Senate Republicans warn that President Obama’s new focus on agricultural methane emissions could mean a tax on livestock emissions — including cow flatulence.

South Dakota Sen. John Thune and fellow GOP senators sent a letter to Obama administration officials urging them not to regulate livestock emissions as part of the president’s crusade against global warming.

Obama’s “Climate Action Plan” would require the dairy industry to reduce methane emissions by 25 percent by 2020. The Agriculture Department, Energy Department and Environmental Protection Agency are set to put together a “Biogas” roadmap to reduce methane emissions.

Republicans argue that Obama’s methane reduction plan could lead to “heavy-handed” regulations that would “have detrimental implications on livestock operations across the country.”

The EPA is currently barred from regulating methane emissions from livestock production through an “annual appropriations rider” that expires every year.
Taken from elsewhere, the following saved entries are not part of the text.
// The bounds on an expression's value that its form and the known bounds of variables show.

ghost use Rattle.std.specs.Prelude.{◌≡◌};
ghost use Rattle.cc_cminor_language.specs.Code.{expression_of};
ghost use Rattle.cc_guard.specs.Guard.{least, most_sum, most_product, less_one, told_of, told_less, told_most, if_small, told, below_divisor, most_in, most, is_below, is_divisor, is_signed_divisor, always};

use cc_cminor_language::Expression;
use cc_words::Binary;

/// A variable holds at most the word `most`.
#[derive(Clone, Copy)]
pub struct Limit {
    pub variable: usize,
    pub most: u32,
}

// The lesser of two bounds, or the only one.
fn least(a: Option<u32>, b: Option<u32>) -> Option<u32>
    ensures { result ≡ least a b }
{
    match a {
        None => b,
        Some(first) => match b {
            None => Some(first),
            Some(second) => Some(first.min(second)),
        },
    }
}

// The sum of two bounds, if it fits in a word.
fn most_sum(a: Option<u32>, b: Option<u32>) -> Option<u32>
    ensures { result ≡ most_sum a b }
{
    match a {
        None => None,
        Some(first) => match b {
            None => None,
            Some(second) => first.checked_add(second),
        },
    }
}

// The product of two bounds, if it fits in a word.
fn most_product(a: Option<u32>, b: Option<u32>) -> Option<u32>
    ensures { result ≡ most_product a b }
{
    match a {
        None => None,
        Some(first) => match b {
            None => None,
            Some(second) => first.checked_mul(second),
        },
    }
}

/// The last bound in the list for a variable.
pub fn most_in(known: &[Limit], variable: usize) -> Option<u32>
    ensures { result ≡ most_in known.now variable }
{
    let mut found = None;
    for limit in known {
        if limit.variable == variable {
            found = Some(limit.most);
        }
    }
    found
}

// The bound on a remainder, if its divisor is a constant other than 0.
fn below_divisor(divisor: &Expression) -> Option<u32>
    ensures { result ≡ below_divisor (expression_of divisor.now) }
{
    match divisor {
        Expression::Constant(word) => word.checked_sub(1),
        _ => None,
    }
}

/// The greatest word that an expression can have, if its form shows one.
pub fn most(known: &[Limit], e: &Expression) -> Option<u32>
    ensures { result ≡ most known.now (expression_of e.now) }
{
    match e {
        Expression::Constant(word) => Some(*word),
        Expression::Local(variable) => most_in(known, *variable),
        Expression::Unary(_, _) | Expression::Load(_, _, _) => None,
        Expression::Binary(operator, a, b) => match operator {
            Binary::And => least(most(known, a), most(known, b)),
            Binary::Add => most_sum(most(known, a), most(known, b)),
            Binary::Mul => most_product(most(known, a), most(known, b)),
            Binary::DivU | Binary::ShrU => most(known, a),
            Binary::RemU => least(below_divisor(b), most(known, a)),
            Binary::Eq | Binary::Ne | Binary::LtS | Binary::LtU | Binary::LeS | Binary::LeU => Some(
                1,
            ),
            _ => None,
        },
    }
}

/// Whether a bound is known and is below a number.
pub fn is_below(most: Option<u32>, number: u32) -> bool
    ensures { result ≡ is_below most number }
{
    match most {
        None => false,
        Some(most) => most < number,
    }
}

// Whether the expression is a constant other than 0.
fn is_divisor(e: &Expression) -> bool
    ensures { result ≡ is_divisor (expression_of e.now) }
{
    match e {
        Expression::Constant(word) => *word != 0,
        _ => false,
    }
}

// Whether the expression is a constant other than 0 and -1.
fn is_signed_divisor(e: &Expression) -> bool
    ensures { result ≡ is_signed_divisor (expression_of e.now) }
{
    match e {
        Expression::Constant(word) => *word != 0 && *word != 4294967295,
        _ => false,
    }
}

/// Whether an operation with this right operand evidently has a value, whatever its left operand is.
pub fn always(known: &[Limit], operator: Binary, right: &Expression) -> bool
    ensures { result ≡ always known.now operator (expression_of right.now) }
{
    match operator {
        Binary::DivS | Binary::RemS => is_signed_divisor(right),
        Binary::DivU | Binary::RemU => is_divisor(right),
        Binary::Shl | Binary::ShrS | Binary::ShrU => is_below(most(known, right), 32),
        _ => true,
    }
}

// The word before this one, if there is one.
fn less_one(most: Option<u32>) -> Option<u32>
    ensures { result ≡ less_one most }
{
    match most {
        None => None,
        Some(word) => word.checked_sub(1),
    }
}

fn told_of(e: &Expression, most: Option<u32>) -> Option<Limit>
    ensures { result ≡ told_of (expression_of e.now) most }
{
    match e {
        Expression::Local(variable) => match most {
            None => None,
            Some(most) => Some(Limit {
                variable: *variable,
                most,
            }),
        },
        _ => None,
    }
}

// The bound that becomes known if the first of two values is below the second (`way` is true) or is not
// (false).
fn told_less(
    way: bool,
    a: &Expression,
    b: &Expression,
    most_a: Option<u32>,
    most_b: Option<u32>,
) -> Option<Limit>
    ensures { result ≡ told_less way (expression_of a.now) (expression_of b.now) most_a most_b }
{
    if way {
        told_of(a, less_one(most_b))
    } else {
        told_of(b, most_a)
    }
}

// The bound that becomes known if the first of two values is at most the second (`way` is true) or is not
// (false).
fn told_most(
    way: bool,
    a: &Expression,
    b: &Expression,
    most_a: Option<u32>,
    most_b: Option<u32>,
) -> Option<Limit>
    ensures { result ≡ told_most way (expression_of a.now) (expression_of b.now) most_a most_b }
{
    if way {
        told_of(a, most_b)
    } else {
        told_of(b, less_one(most_a))
    }
}

// The given bound, if both values are below 2^31: signed words then compare as unsigned ones do.
fn if_small(most_a: Option<u32>, most_b: Option<u32>, told: Option<Limit>) -> Option<Limit>
    ensures { result ≡ if_small most_a most_b told }
{
    if is_below(most_a, 2147483648) && is_below(most_b, 2147483648) {
        told
    } else {
        None
    }
}

/// The bound that a condition shows for a variable when the condition is not 0 (`way` is true) or is 0
/// (false).
pub fn told(known: &[Limit], way: bool, e: &Expression) -> Option<Limit>
    ensures { result ≡ told known.now way (expression_of e.now) }
{
    match e {
        Expression::Binary(operator, a, b) => {
            let most_a = most(known, a);
            let most_b = most(known, b);
            match operator {
                Binary::LtS => if_small(most_a, most_b, told_less(way, a, b, most_a, most_b)),
                Binary::LtU => told_less(way, a, b, most_a, most_b),
                Binary::LeS => if_small(most_a, most_b, told_most(way, a, b, most_a, most_b)),
                Binary::LeU => told_most(way, a, b, most_a, most_b),
                _ => None,
            }
        }
        _ => None,
    }
}
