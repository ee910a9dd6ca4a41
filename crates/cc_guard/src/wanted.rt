// The constants that conditions compare with most often. A condition counts eight times as much for each loop around it. Nothing
// about the choice has to be proved.

ghost use Rattle.std.specs.Prelude.{◌≤◌, length, IfOk};
ghost use Rattle.cc_guard.specs.Held.{most_held};

use cc_cminor_language::{Expression, Statement};
use cc_words::Binary;
use std::alloc::{AllocError, Global};

/// At most this many words are held in variables.
const MOST_HELD: usize = 8;

// At most this many words are counted: the first ones, if a function has more.
const MOST_WEIGHED: usize = 64;

// The least weight at which a word is chosen: the weight of one comparison in a loop.
const LEAST: u32 = 8;

// A word, and how often conditions compare with it.
#[derive(Clone, Copy)]
struct Want {
    word: u32,
    weight: u32,
}

fn word_of(e: &Expression) -> Option<u32> {
    match e {
        Expression::Constant(word) => Some(*word),
        _ => None,
    }
}

// Whether a branch on the operator costs one more instruction with this word than with a variable. The machine has a register
// that holds 0, and some comparisons with 1 and -1 become comparisons with 0.
fn gains(operator: Binary, word: u32) -> bool {
    match operator {
        Binary::Eq | Binary::Ne | Binary::Xor => word != 0,
        Binary::LtS | Binary::LtU | Binary::LeS | Binary::LeU => {
            word != 0 && word != 1 && word != 4294967295
        }
        _ => false,
    }
}

// The constant that a condition compares with, if it is worth holding in a variable.
fn compared(e: &Expression) -> Option<u32> {
    match e {
        Expression::Binary(operator, a, b) => {
            let word = match word_of(b) {
                Some(word) => word,
                None => word_of(a)?,
            };
            if gains(*operator, word) {
                Some(word)
            } else {
                None
            }
        }
        _ => None,
    }
}

// The position of a word in the list, or the list's length if it is not there.
fn position(wants: &[Want], word: u32) -> usize {
    for (at, want) in wants.iter().enumerate() {
        if want.word == word {
            return at;
        }
    }
    wants.len()
}

// Adds to a word's weight. A new word joins the list if there is room.
fn add(wants: &mut Vec<Want>, word: u32, weight: u32) -> Result<(), AllocError> {
    let at = position(wants.as_slice(), word);
    if at < wants.len() {
        wants[at].weight = wants[at].weight.saturating_add(weight);
    } else if at < MOST_WEIGHED {
        wants.push(Want { word, weight })?;
    }
    Ok(())
}

#[cycle(wanting)]
fn weigh(weight: u32, wants: &mut Vec<Want>, s: &Statement) -> Result<(), AllocError> {
    match s {
        Statement::Sequence(all) => weigh_all(weight, wants, all.as_slice()),
        Statement::If(e, nonzero, otherwise) => {
            if let Some(word) = compared(e) {
                add(wants, word, weight)?;
            }
            weigh(weight, wants, nonzero)?;
            weigh(weight, wants, otherwise)
        }
        Statement::Loop(body) => weigh(weight.saturating_mul(8), wants, body),
        Statement::Block(body) => weigh(weight, wants, body),
        Statement::Skip
        | Statement::Set(_, _)
        | Statement::Store(_, _, _, _)
        | Statement::Call(_, _, _)
        | Statement::Read(_)
        | Statement::Write(_)
        | Statement::Exit(_)
        | Statement::Return(_) => Ok(()),
    }
}

#[cycle(wanting)]
fn weigh_all(weight: u32, wants: &mut Vec<Want>, all: &[Statement]) -> Result<(), AllocError> {
    for s in all {
        weigh(weight, wants, s)?;
    }
    Ok(())
}

fn has(words: &[u32], word: u32) -> bool {
    let mut found = false;
    for other in words {
        found = found || *other == word;
    }
    found
}

// The word with the greatest weight among those not chosen yet.
fn heaviest(wants: &[Want], chosen: &[u32]) -> Option<u32> {
    let mut most = LEAST - 1;
    let mut found = None;
    for want in wants {
        if want.weight > most && !has(chosen, want.word) {
            most = want.weight;
            found = Some(want.word);
        }
    }
    found
}

/// The words that conditions compare with most often in loops, at most eight.
pub fn wanted_words(alloc: Global, code: &Statement) -> Result<Vec<u32>, AllocError>
    ensures { IfOk result (λ words. length words.items ≤ most_held) }
{
    let mut wants = Vec::new(alloc);
    weigh(1, &mut wants, code)?;
    let mut chosen = Vec::new(alloc);
    while chosen.len() < MOST_HELD {
        match heaviest(wants.as_slice(), chosen.as_slice()) {
            Some(word) => chosen.push(word)?,
            None => return Ok(chosen),
        }
    }
    Ok(chosen)
}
But this does not mean the EPA will not try again, warn Republicans.

“In 2008, as part of its Advanced Notice of Proposed Rulemaking to regulate GHGs under the Clean Air Act, the EPA deliberated regulating agriculture-related emissions, which would have required farmers to purchase expensive permits,” Republicans wrote to the heads of the USDA, DOE and EPA.

“It was estimated that these top-down regulations would have cost medium-sized dairy farms with 75 to 125 cows between $13,000 and $22,000 a year, and medium-sized cattle farms with 200 to 300 cows between $17,000 and $27,000,” Republicans added. “We reject the notion that the EPA should, absent express authorization from Congress, seek to regulate the agriculture sector in this manner.”

Though EPA chief Gina McCarthy said there are no plans to regulate cattle emissions, there are still worries the agency could crack down on methane emissions from cow flatulence. The EPA says the digestive systems of cows produce methane through a process called “enteric fermentation”.

Cattle emissions alone make up 20 percent of U.S. methane emissions, according to the EPA, so lawmakers fear this would be a place for federal regulators to start looking to make cuts through rules targeting livestock feed or management methods.

“The agriculture community is committed to environmental stewardship, which is evidenced by the 11 percent reduction in agriculture-related methane emissions since 1990,” Republicans wrote. “It is our hope that the EPA, USDA, and DOE will work with Congress and the agriculture industry to outline voluntary measures that can be taken to reduce emissions without imposing heavy-handed regulations on farms across America.”